Disputa comercial às vésperas do G7
O embate acontece poucas horas antes da reunião do G7, que ocorrerá em junho de 2026. Macron deixou claro que não recuará na chamada 'taxa GAFA', que incide sobre gigantes como Google, Apple, Facebook e Amazon. 'A França tem soberania para definir suas próprias regras tributárias, especialmente quando se trata de garantir justiça fiscal para empresas que operam em nosso território', disse Macron em entrevista coletiva.

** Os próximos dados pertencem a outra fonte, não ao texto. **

// A hub, those who joined it, and how far a conversation with it has come.
use super::{Place, Told, is_otherwise, means_nothing};
use crate::hub::{Heard, Hub};
use crate::refusal::*;
use adc_base32::Sid;
use tests_support::{Deed, GREETED, GREETS, login_of, steps_of};

/// A hub, those who joined it, and how far the conversation has come.
#[derive(Drop)]
pub(super) struct Played<'t> {
    alloc: Global,
    hub: Hub,
    told: Told<'t>,
    joined: Vec<Joined<'t>>,
    place: Place<'t>,
    moment: u64,
    round: usize,
}

#[derive(Clone, Copy)]
struct Joined<'t> {
    name: &'t str,
    connection: Conn,
}

impl<'t> Played<'t> {
    pub(super) fn new(alloc: Global, hub: Hub, told: Told<'t>, name: &'t str) -> Played<'t> {
        let (number, text) = (0, "");
        Played {
            alloc,
            hub,
            told,
            joined: Vec::new(alloc),
            place: Place { name, number, text },
            moment: 0,
            round: 0,
        }
    }

    pub(super) fn play(mut self, rt: &impl Abort, name: &'t str) {
        let mut begun = false;
        let mut rounds = None;
        for (number, line) in self.told.text.lines().enumerate() {
            let text = line.trim();
            if number == 0 || text.is_empty() || !begun && text.starts_with("with ") {
                continue;
            }
            begun = true;
            self.place = Place { name, number, text };
            match (rounds, text.strip_prefix("for ")) {
                (Some((of, begin)), _) if text == "end" => {
                    self.play_rounds(rt, of, begin, number);
                    rounds = None;
                }
                (None, Some(told)) => rounds = Some((self.rounds(rt, told), number)),
                (None, None) => self.step(rt),
                _ => {}
            }
        }
        if !begun || rounds.is_some() {
            panic!(rt; "{name}: there is more to come");
        }
    }

    /// Reads the numbers of the rounds that `2 to 9:` begins.
    fn rounds(&self, rt: &impl Abort, told: &str) -> (usize, usize) {
        let rounds = told.trim_end_matches(':').split_once(" to ");
        let (first, last) = rounds.expect(rt, told);
        (self.number(rt, first), self.number(rt, last))
    }

    /// Plays the steps between two lines in rounds of these numbers.
    fn play_rounds(&mut self, rt: &impl Abort, of: (usize, usize), begin: usize, end: usize) {
        let name = self.place.name;
        holds(rt, of.0 <= of.1, "no rounds");
        for round in of.0..=of.1 {
            self.round = round;
            for (number, line) in self.told.text.lines().enumerate() {
                let text = line.trim();
                if begin < number && number < end && !text.is_empty() {
                    self.place = Place { name, number, text };
                    self.step(rt);
                }
            }
        }
    }

    fn step(&mut self, rt: &impl Abort) {
        let Some(steps) = steps_of(self.alloc, self.place.text) else {
            self.unknown(rt)
        };
        for step in &steps {
            self.moment = step.moment;
            let line = spell(rt, self.alloc, self.stands_for(step.line), self.round);
            match step.deed {
                Deed::IsConcerned => self.concerns(rt, step.who),
                Deed::ComeAndGo => {
                    let count = self.number(rt, step.who);
                    self.hub.pass(rt, count);
                }
                _ => self.does(rt, step.who, step.deed, &line),
            }
        }
    }

    /// Gives the line that a line of a conversation stands for.
    fn stands_for(&self, line: &'t str) -> &'t str {
        match line {
            "<line>" => self.told.line,
            "<answer>" => self.told.answer,
            _ => line,
        }
    }

    /// Plays a step of one who comes, speaks or goes.
    fn does(&mut self, rt: &impl Abort, who: &'t str, deed: Deed, line: &[u8]) {
        match deed {
            Deed::Joins => self.joins(rt, who),
            Deed::IsRefused => self.is_refused(rt, line),
            Deed::Greets => self.greets(rt, who),
            Deed::IsGreeted => self.is_greeted(rt, who, line),
            Deed::Enters if line.is_empty() => self.enters_as_usual(rt, who),
            Deed::Enters => self.enters(rt, who, line),
            Deed::Says => self.says(rt, who, line, Verdict::Kept),
            Deed::IsEndedBy => self.says(rt, who, line, Verdict::Ended),
            Deed::Quits => {
                let connection = self.connection(rt, who);
                self.hub.quit(rt, connection);
            }
            _ => self.gets(rt, who, deed, line),
        }
    }

    /// Plays a step of one who gets lines, or none.
    fn gets(&mut self, rt: &impl Abort, who: &str, deed: Deed, line: &[u8]) {
        match deed {
            Deed::Hears => self.takes(rt, who, 1, 1, Some(line), false),
            Deed::HearsOnly => {
                self.takes(rt, who, 1, 1, Some(line), false);
                self.takes(rt, who, 256, 0, None, false);
            }
            Deed::HearsLast => self.takes(rt, who, 256, 1, Some(line), true),
            Deed::HearsNothing => self.takes(rt, who, 256, 0, None, false),
            Deed::HearsNoMore => self.takes(rt, who, 256, 0, None, true),
            Deed::Takes if who == "all" => self.all_take(rt),
            Deed::Takes => self.takes_told(rt, who, line, false),
            Deed::TakesLast => self.takes_told(rt, who, line, true),
            _ => self.unknown(rt),
        }
    }

    fn unknown(&self, rt: &impl Abort) -> ! {
        means_nothing(rt, self.place, "no step", "")
    }

    fn number(&self, rt: &impl Abort, told: &str) -> usize {
        match told.parse::<usize>() {
            Ok(number) => number,
            Err(_) => self.unknown(rt),
        }
    }

    fn connection(&self, rt: &impl Abort, who: &str) -> Conn {
        if let Some(told) = who.strip_prefix('#') {
            return self.connection_of(rt, told);
        }
        for joined in self.joined.iter().rev() {
            if joined.name == who {
                return joined.connection;
            }
        }
        means_nothing(rt, self.place, "nobody is called ", who)
    }

    /// Finds the connection that joined as this one, counted from 1 on.
    fn connection_of(&self, rt: &impl Abort, told: &str) -> Conn {
        let place = self.number(rt, told).wrapping_sub(1);
        self.joined.get(place).expect(rt, told).connection
    }

    fn joins(&mut self, rt: &impl Abort, name: &'t str) {
        match self.hub.join(rt) {
            Ok(connection) => keep(rt, &mut self.joined, Joined { name, connection }),
            Err(refused) => is_otherwise(rt, self.place, &refused),
        }
    }

    fn is_refused(&mut self, rt: &impl Abort, why: &[u8]) {
        match self.hub.join(rt) {
            Err(JoinRefused::Full) if why == b"Full".as_slice() => {}
            answer => is_otherwise(rt, self.place, &answer),
        }
    }

    fn greets(&mut self, rt: &impl Abort, who: &'t str) {
        self.joins(rt, who);
        self.says(rt, who, GREETS.as_bytes(), Verdict::Kept);
        self.all_take(rt);
    }

    fn is_greeted(&mut self, rt: &impl Abort, who: &'t str, sid: &[u8]) {
        self.joins(rt, who);
        self.says(rt, who, GREETS.as_bytes(), Verdict::Kept);
        for (place, line) in GREETED.into_iter().enumerate() {
            let mut line = again!(rt; tests_support::copy(self.alloc, line.as_bytes()));
            if place == 1 {
                again!(rt; tests_support::append(&mut line, sid));
            }
            self.takes(rt, who, 1, 1, Some(&line), false);
        }
    }

    fn enters(&mut self, rt: &impl Abort, who: &'t str, login: &[u8]) {
        self.joins(rt, who);
        self.says(rt, who, GREETS.as_bytes(), Verdict::Kept);
        self.says(rt, who, login, Verdict::Kept);
        self.all_take(rt);
    }

    fn enters_as_usual(&mut self, rt: &impl Abort, who: &'t str) {
        let join = self.joined.len().saturating_add(1);
        let words = login_of(who).expect(rt, who);
        let login = again!(rt; login_line(self.alloc, words));
        let login = spell(rt, self.alloc, &login, join);
        self.enters(rt, who, &login);
        if who == "op" {
            let password = spell(rt, self.alloc, "HPAS <secret>", 0);
            self.says(rt, who, &password, Verdict::Kept);
            self.all_take(rt);
        }
    }

    fn says(&mut self, rt: &impl Abort, who: &str, line: &[u8], verdict: Verdict) {
        let connection = self.connection(rt, who);
        let said = self.hub.line(rt, connection, line, self.moment);
        if said != verdict {
            is_otherwise(rt, self.place, &said);
        }
    }

    fn all_take(&mut self, rt: &impl Abort) {
        for joined in &self.joined {
            if self.hub.is_open(joined.connection) {
                let _ = self.hub.take(rt, joined.connection, 256);
            }
        }
    }

    /// Takes as many lines as stand before this line, or are all of it.
    fn takes_told(&mut self, rt: &impl Abort, who: &str, told: &[u8], ended: bool) {
        let told = std::str::from_utf8(told).expect(rt, "a text");
        match told.split_once(' ') {
            Some((count, line)) => {
                let count = self.number(rt, count);
                self.takes(rt, who, 256, count, Some(line.as_bytes()), ended);
            }
            None => self.takes(rt, who, 256, self.number(rt, told), None, ended),
        }
    }

    /// Takes up to `asked` lines, which have to be so many, each this one where it is given.
    fn takes(
        &mut self,
        rt: &impl Abort,
        who: &str,
        asked: usize,
        lines: usize,
        line: Option<&[u8]>,
        ended: bool,
    ) {
        let connection = self.connection(rt, who);
        let heard = self.hub.take(rt, connection, asked);
        if heard.lines != lines as u64 || heard.ended != ended {
            is_otherwise_counted(rt, self.place, &heard);
        }
        let is_same = match line {
            Some(line) => is_repeated(&heard.bytes, line, lines),
            None => lines > 0 || heard.bytes.is_empty(),
        };
        if !is_same {
            is_otherwise(rt, self.place, &std::str::from_utf8(&heard.bytes));
        }
    }

    fn concerns(&mut self, rt: &impl Abort, whom: &str) {
        let whom = match (whom, whom.split_once(" and ")) {
            ("nobody", _) => Touched::Nobody,
            ("all", _) => Touched::Everybody,
            (_, Some((one, other))) => Touched::Two(self.sid(rt, one), self.sid(rt, other)),
            (one, None) => Touched::One(self.sid(rt, one)),
        };
        let touched = self.hub.touched();
        if touched != whom {
            is_otherwise(rt, self.place, &touched);
        }
    }

    fn sid(&self, rt: &impl Abort, who: &str) -> Sid {
        self.hub.sid(rt, self.connection(rt, who))
    }
}

fn is_otherwise_counted(rt: &impl Abort, place: Place<'_>, heard: &Heard) -> ! {
    let Place { name, number, text } = place;
    let shown = std::str::from_utf8(&heard.bytes);
    panic!(rt;
        "{name}: line {number}, {text}: {} lines, ended {}, {shown:?}",
        heard.lines, heard.ended
    )
}

/// Gives a login line of these words, of the connection whose number is the round.
fn login_line(alloc: Global, words: &str) -> Result<String, AllocError> {
    format!(in alloc; "BINF A<n> {words}")
}

/// Answers whether bytes are a line and its line feed, so many times.
fn is_repeated(bytes: &[u8], line: &[u8], count: usize) -> bool {
    let mut rest = bytes;
    for _ in 0..count {
        match rest.strip_prefix(line) {
            Some([b'\n', behind @ ..]) => rest = behind,
            _ => return false,
        }
    }
    rest.is_empty()
}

Reação de Trump e contexto
Trump, que busca retornar à Casa Branca, classificou a taxa francesa como 'discriminatória' e ameaçou retaliações comerciais. 'Se a França quer taxar nossas empresas, taxaremos seus vinhos em 100%', escreveu em sua rede social. A ameaça atinge diretamente um dos principais produtos de exportação franceses.
Macron, no entanto, manteve tom diplomático, mas firme. 'Queremos um diálogo respeitoso com os Estados Unidos, mas não aceitaremos pressões que violem nossa autonomia legislativa', afirmou. A França tem sido líder na União Europeia na implementação de impostos digitais, inspirando medidas semelhantes em outros países do bloco.
Impactos e perspectivas
Analistas apontam que a disputa pode escalar para uma guerra comercial mais ampla entre EUA e Europa, especialmente se Trump vencer as eleições de 2024. O governo francês já sinalizou que buscará apoio de outros países do G7 para mediar a questão. Enquanto isso, a indústria vinícola francesa monitora com apreensão as ameaças, que podem afetar significativamente as exportações para o mercado americano.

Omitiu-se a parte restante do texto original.